**GIVEN INFORMATION**
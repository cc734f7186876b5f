// A keeper in memory, over a list and its index. Its calls fail by a plan.
ghost use Rattle.std.specs.Prelude.{◌≡◌, [], Some};
ghost use Rattle.std.specs.List.{All};
ghost use Rattle.eac_base.specs.Telling.{Told};
ghost use Rattle.keeper.specs.Rows.{UniqueKeys, IsStorable, IsStorableSettled};
ghost use Rattle.keeper.specs.Keeping.{Adds, AddAsked, Settles, SettleAsked, Finds, FindAsked, ListsDesk, DeskAsked, ListsHolder, HolderAsked, Counts, CountAsked, FaultRose};
ghost use Rattle.keeper.specs.Planned.{next_moment, IsCounted, AddsAt, SettlesAt, ReadsAt};

use crate::changing::{append, append_and_fail, settle, settle_and_fail};
use crate::index::Index;
use crate::plan::{begin, count_fault};
use crate::reading::{copy_at, copy_desk, copy_holder, count_of};
use crate::{KeepRefusal, Keeper, KeeperPlan, Moment, Row, Rows, Settled, Table};
use holder_reference::{Holder, Reference};
use std::alloc::Global;
use std::marker::Model;

/// Rows in memory. They are always told.
#[derive(Debug, Drop)]
pub struct MemoryKeeper {
    rows: Vec<Row>,
    index: Index,
    plan: KeeperPlan,
    calls: u64,
    faults: u64,
    ghost unique: { UniqueKeys rows.items },
}

impl Model for MemoryKeeper {
    ghost use Rattle.std.specs.List.{All};
    ghost use Rattle.keeper.specs.Index.{IsIndex};
    ghost use Rattle.keeper.specs.Planned.{KeeperValue};
    ghost use Rattle.keeper.specs.Rows.{IsStorable};

    ghost Value = { KeeperValue };

    ghost view = { λ k. record {
      rows = k.rows.items;
      plan = k.plan;
      calls = k.calls;
      faults = k.faults;
      unique = k.unique;
    } };

    ghost invariant = { λ k. All IsStorable k.rows.items × IsIndex k.index k.rows.items };
}

impl MemoryKeeper {
    /// No rows, and no call yet.
    pub fn new(alloc: Global, plan: KeeperPlan) -> MemoryKeeper
        ensures rows { result.rows ≡ [] }
        ensures plan { result.plan ≡ plan }
        ensures calls { result.calls ≡ 0 }
        ensures faults { result.faults ≡ 0 }
    {
        MemoryKeeper {
            rows: Vec::new(alloc),
            index: Index::new(alloc),
            plan,
            calls: 0,
            faults: 0,
        }
    }
}

impl Keeper for MemoryKeeper {
    ghost rows = { λ k. Some k.rows };

    ghost faults = { λ k. k.faults };

    ghost unique = { λ k. k.unique };

    fn add(&mut self, alloc: Global, row: &Row) -> Result<(), KeepRefusal>
        requires { IsStorable row.now }
        ensures told { Told (Some self.old.rows) (Some self.new.rows)
            (λ before after. Adds before after row.now result) }
        ensures asked { AddAsked row.now result }
        ensures cause { FaultRose self.old.faults self.new.faults result }
        // It fails exactly where its plan says, before its change or after it.
        ensures planned { AddsAt (next_moment self.old.plan self.old.calls) self.old.rows self.new.rows row.now result }
        ensures counted { IsCounted self.old self.new result }
    {
        let result = match begin(&self.plan, &mut self.calls) {
            Some(Moment::Before) => Err(KeepRefusal::Failed),
            Some(Moment::After) => append_and_fail(alloc, &mut self.rows, &mut self.index, row),
            None => append(alloc, &mut self.rows, &mut self.index, row),
        };
        count_fault(&mut self.faults, &result);
        result
    }

    fn settle(
        &mut self,
        alloc: Global,
        desk: u32,
        reference: &Reference,
        settled: &Settled,
    ) -> Result<(), KeepRefusal>
        requires { IsStorableSettled settled.now }
        ensures told { Told (Some self.old.rows) (Some self.new.rows)
            (λ before after. Settles before after desk reference.now settled.now result) }
        ensures asked { SettleAsked desk reference.now result }
        ensures cause { FaultRose self.old.faults self.new.faults result }
        // It fails exactly where its plan says, before its change or after it.
        ensures planned { SettlesAt (next_moment self.old.plan self.old.calls)
            self.old.rows self.new.rows desk reference.now settled.now result }
        ensures counted { IsCounted self.old self.new result }
    {
        let result = match begin(&self.plan, &mut self.calls) {
            Some(Moment::Before) => Err(KeepRefusal::Failed),
            Some(Moment::After) => {
                settle_and_fail(alloc, &mut self.rows, &self.index, desk, reference, settled)
            }
            None => settle(alloc, &mut self.rows, &self.index, desk, reference, settled),
        };
        count_fault(&mut self.faults, &result);
        result
    }

    fn find(
        &mut self,
        alloc: Global,
        table: Table,
        desk: u32,
        reference: &Reference,
    ) -> Result<Option<Row>, KeepRefusal>
        ensures told { Told (Some self.old.rows) (Some self.new.rows)
            (λ before after. (after ≡ before) × Finds before table desk reference.now result) }
        ensures asked { FindAsked table desk reference.now result }
        ensures cause { FaultRose self.old.faults self.new.faults result }
        // It fails exactly where its plan says.
        ensures planned { ReadsAt (next_moment self.old.plan self.old.calls) result }
        ensures counted { IsCounted self.old self.new result }
    {
        let result = match begin(&self.plan, &mut self.calls) {
            Some(_) => Err(KeepRefusal::Failed),
            None => copy_at(alloc, &self.rows, &self.index, table, desk, reference),
        };
        count_fault(&mut self.faults, &result);
        result
    }

    fn of_desk(&mut self, alloc: Global, table: Table, desk: u32) -> Result<Rows, KeepRefusal>
        ensures told { Told (Some self.old.rows) (Some self.new.rows)
            (λ before after. (after ≡ before) × ListsDesk before table desk result) }
        ensures asked { DeskAsked table desk result }
        ensures cause { FaultRose self.old.faults self.new.faults result }
        // It fails exactly where its plan says.
        ensures planned { ReadsAt (next_moment self.old.plan self.old.calls) result }
        ensures counted { IsCounted self.old self.new result }
    {
        let result = match begin(&self.plan, &mut self.calls) {
            Some(_) => Err(KeepRefusal::Failed),
            None => copy_desk(alloc, &self.rows, &self.index, table, desk),
        };
        count_fault(&mut self.faults, &result);
        result
    }

    fn of_holder(
        &mut self,
        alloc: Global,
        table: Table,
        desk: u32,
        holder: &Holder,
    ) -> Result<Rows, KeepRefusal>
        ensures told { Told (Some self.old.rows) (Some self.new.rows)
            (λ before after. (after ≡ before) × ListsHolder before table desk holder.now result) }
        ensures asked { HolderAsked table desk holder.now result }
        ensures cause { FaultRose self.old.faults self.new.faults result }
        // It fails exactly where its plan says.
        ensures planned { ReadsAt (next_moment self.old.plan self.old.calls) result }
        ensures counted { IsCounted self.old self.new result }
    {
        let result = match begin(&self.plan, &mut self.calls) {
            Some(_) => Err(KeepRefusal::Failed),
            None => copy_holder(alloc, &self.rows, &self.index, table, desk, holder),
        };
        count_fault(&mut self.faults, &result);
        result
    }

    fn count(&mut self, _alloc: Global, table: Table, desk: u32) -> Result<u64, KeepRefusal>
        ensures told { Told (Some self.old.rows) (Some self.new.rows)
            (λ before after. (after ≡ before) × Counts before table desk result) }
        ensures asked { CountAsked result }
        ensures cause { FaultRose self.old.faults self.new.faults result }
        // It fails exactly where its plan says.
        ensures planned { ReadsAt (next_moment self.old.plan self.old.calls) result }
        ensures counted { IsCounted self.old self.new result }
    {
        let result = match begin(&self.plan, &mut self.calls) {
            Some(_) => Err(KeepRefusal::Failed),
            None => Ok(count_of(&self.rows, &self.index, table, desk) as u64),
        };
        count_fault(&mut self.faults, &result);
        result
    }
}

**WHAT YOU HAVE TO DO**
Write out the data above once more, exactly as it stands.

**SOLUTION FOR THIS TASK**
repository cc734f7186876b5f
// A keeper in memory, over a list and its index. Its calls fail by a plan.
ghost use Rattle.std.specs.Prelude.{◌≡◌, [], Some};
ghost use Rattle.std.specs.List.{All};
ghost use Rattle.eac_base.specs.Telling.{Told};
ghost use Rattle.keeper.specs.Rows.{UniqueKeys, IsStorable, IsStorableSettled};
ghost use Rattle.keeper.specs.Keeping.{Adds, AddAsked, Settles, SettleAsked, Finds, FindAsked, ListsDesk, DeskAsked, ListsHolder, HolderAsked, Counts, CountAsked, FaultRose};
ghost use Rattle.keeper.specs.Planned.{next_moment, IsCounted, AddsAt, SettlesAt, ReadsAt};

use crate::changing::{append, append_and_fail, settle, settle_and_fail};
use crate::index::Index;
use crate::plan::{begin, count_fault};
use crate::reading::{copy_at, copy_desk, copy_holder, count_of};
use crate::{KeepRefusal, Keeper, KeeperPlan, Moment, Row, Rows, Settled, Table};
use holder_reference::{Holder, Reference};
use std::alloc::Global;
use std::marker::Model;

/// Rows in memory. They are always told.
#[derive(Debug, Drop)]
pub struct MemoryKeeper {
    rows: Vec<Row>,
    index: Index,
    plan: KeeperPlan,
    calls: u64,
    faults: u64,
    ghost unique: { UniqueKeys rows.items },
}

impl Model for MemoryKeeper {
    ghost use Rattle.std.specs.List.{All};
    ghost use Rattle.keeper.specs.Index.{IsIndex};
    ghost use Rattle.keeper.specs.Planned.{KeeperValue};
    ghost use Rattle.keeper.specs.Rows.{IsStorable};

    ghost Value = { KeeperValue };

    ghost view = { λ k. record {
      rows = k.rows.items;
      plan = k.plan;
      calls = k.calls;
      faults = k.faults;
      unique = k.unique;
    } };

    ghost invariant = { λ k. All IsStorable k.rows.items × IsIndex k.index k.rows.items };
}

impl MemoryKeeper {
    /// No rows, and no call yet.
    pub fn new(alloc: Global, plan: KeeperPlan) -> MemoryKeeper
        ensures rows { result.rows ≡ [] }
        ensures plan { result.plan ≡ plan }
        ensures calls { result.calls ≡ 0 }
        ensures faults { result.faults ≡ 0 }
    {
        MemoryKeeper {
            rows: Vec::new(alloc),
            index: Index::new(alloc),
            plan,
            calls: 0,
            faults: 0,
        }
    }
}

impl Keeper for MemoryKeeper {
    ghost rows = { λ k. Some k.rows };

    ghost faults = { λ k. k.faults };

    ghost unique = { λ k. k.unique };

    fn add(&mut self, alloc: Global, row: &Row) -> Result<(), KeepRefusal>
        requires { IsStorable row.now }
        ensures told { Told (Some self.old.rows) (Some self.new.rows)
            (λ before after. Adds before after row.now result) }
        ensures asked { AddAsked row.now result }
        ensures cause { FaultRose self.old.faults self.new.faults result }
        // It fails exactly where its plan says, before its change or after it.
        ensures planned { AddsAt (next_moment self.old.plan self.old.calls) self.old.rows self.new.rows row.now result }
        ensures counted { IsCounted self.old self.new result }
    {
        let result = match begin(&self.plan, &mut self.calls) {
            Some(Moment::Before) => Err(KeepRefusal::Failed),
            Some(Moment::After) => append_and_fail(alloc, &mut self.rows, &mut self.index, row),
            None => append(alloc, &mut self.rows, &mut self.index, row),
        };
        count_fault(&mut self.faults, &result);
        result
    }

    fn settle(
        &mut self,
        alloc: Global,
        desk: u32,
        reference: &Reference,
        settled: &Settled,
    ) -> Result<(), KeepRefusal>
        requires { IsStorableSettled settled.now }
        ensures told { Told (Some self.old.rows) (Some self.new.rows)
            (λ before after. Settles before after desk reference.now settled.now result) }
        ensures asked { SettleAsked desk reference.now result }
        ensures cause { FaultRose self.old.faults self.new.faults result }
        // It fails exactly where its plan says, before its change or after it.
        ensures planned { SettlesAt (next_moment self.old.plan self.old.calls)
            self.old.rows self.new.rows desk reference.now settled.now result }
        ensures counted { IsCounted self.old self.new result }
    {
        let result = match begin(&self.plan, &mut self.calls) {
            Some(Moment::Before) => Err(KeepRefusal::Failed),
            Some(Moment::After) => {
                settle_and_fail(alloc, &mut self.rows, &self.index, desk, reference, settled)
            }
            None => settle(alloc, &mut self.rows, &self.index, desk, reference, settled),
        };
        count_fault(&mut self.faults, &result);
        result
    }

    fn find(
        &mut self,
        alloc: Global,
        table: Table,
        desk: u32,
        reference: &Reference,
    ) -> Result<Option<Row>, KeepRefusal>
        ensures told { Told (Some self.old.rows) (Some self.new.rows)
            (λ before after. (after ≡ before) × Finds before table desk reference.now result) }
        ensures asked { FindAsked table desk reference.now result }
        ensures cause { FaultRose self.old.faults self.new.faults result }
        // It fails exactly where its plan says.
        ensures planned { ReadsAt (next_moment self.old.plan self.old.calls) result }
        ensures counted { IsCounted self.old self.new result }
    {
        let result = match begin(&self.plan, &mut self.calls) {
            Some(_) => Err(KeepRefusal::Failed),
            None => copy_at(alloc, &self.rows, &self.index, table, desk, reference),
        };
        count_fault(&mut self.faults, &result);
        result
    }

    fn of_desk(&mut self, alloc: Global, table: Table, desk: u32) -> Result<Rows, KeepRefusal>
        ensures told { Told (Some self.old.rows) (Some self.new.rows)
            (λ before after. (after ≡ before) × ListsDesk before table desk result) }
        ensures asked { DeskAsked table desk result }
        ensures cause { FaultRose self.old.faults self.new.faults result }
        // It fails exactly where its plan says.
        ensures planned { ReadsAt (next_moment self.old.plan self.old.calls) result }
        ensures counted { IsCounted self.old self.new result }
    {
        let result = match begin(&self.plan, &mut self.calls) {
            Some(_) => Err(KeepRefusal::Failed),
            None => copy_desk(alloc, &self.rows, &self.index, table, desk),
        };
        count_fault(&mut self.faults, &result);
        result
    }

    fn of_holder(
        &mut self,
        alloc: Global,
        table: Table,
        desk: u32,
        holder: &Holder,
    ) -> Result<Rows, KeepRefusal>
        ensures told { Told (Some self.old.rows) (Some self.new.rows)
            (λ before after. (after ≡ before) × ListsHolder before table desk holder.now result) }
        ensures asked { HolderAsked table desk holder.now result }
        ensures cause { FaultRose self.old.faults self.new.faults result }
        // It fails exactly where its plan says.
        ensures planned { ReadsAt (next_moment self.old.plan self.old.calls) result }
        ensures counted { IsCounted self.old self.new result }
    {
        let result = match begin(&self.plan, &mut self.calls) {
            Some(_) => Err(KeepRefusal::Failed),
            None => copy_holder(alloc, &self.rows, &self.index, table, desk, holder),
        };
        count_fault(&mut self.faults, &result);
        result
    }

    fn count(&mut self, _alloc: Global, table: Table, desk: u32) -> Result<u64, KeepRefusal>
        ensures told { Told (Some self.old.rows) (Some self.new.rows)
            (λ before after. (after ≡ before) × Counts before table desk result) }
        ensures asked { CountAsked result }
        ensures cause { FaultRose self.old.faults self.new.faults result }
        // It fails exactly where its plan says.
        ensures planned { ReadsAt (next_moment self.old.plan self.old.calls) result }
        ensures counted { IsCounted self.old self.new result }
    {
        let result = match begin(&self.plan, &mut self.calls) {
            Some(_) => Err(KeepRefusal::Failed),
            None => Ok(count_of(&self.rows, &self.index, table, desk) as u64),
        };
        count_fault(&mut self.faults, &result);
        result
    }
}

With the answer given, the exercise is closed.